Data excerpts:
....

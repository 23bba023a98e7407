//! The number of a design's pairs, without a list of them.
//!
//! It says whether a design has too many pairs before memory is taken for any. Each bit has a mark for each of 128
//! elements at a time, two words, which is set where a path leads there from the element. The marks are carried
//! along the arcs in their order as `mintc_paths` carries sums, by an `or` of two words an arc (reachability in a
//! graph without loops by sets of bits), and those at the inputs are counted. The way is the one that has less to
//! carry, from the outputs on or from the inputs back. Where a look at the arcs tells that the pairs are few, none is
//! counted. The crates above get the refusals of the list, and the number.
#![tactic(auto)]

mod back;
mod bound;
mod count;
mod marks;

pub use count::{count_pairs, refuse_pairs};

....

[WHAT YOU ARE ASKED TO DO]:
The whole block of data above should be printed again verbatim.

[EXPECTED ANSWER]:
repository 23bba023a98e7407
//! The number of a design's pairs, without a list of them.
//!
//! It says whether a design has too many pairs before memory is taken for any. Each bit has a mark for each of 128
//! elements at a time, two words, which is set where a path leads there from the element. The marks are carried
//! along the arcs in their order as `mintc_paths` carries sums, by an `or` of two words an arc (reachability in a
//! graph without loops by sets of bits), and those at the inputs are counted. The way is the one that has less to
//! carry, from the outputs on or from the inputs back. Where a look at the arcs tells that the pairs are few, none is
//! counted. The crates above get the refusals of the list, and the number.
#![tactic(auto)]

mod back;
mod bound;
mod count;
mod marks;

pub use count::{count_pairs, refuse_pairs};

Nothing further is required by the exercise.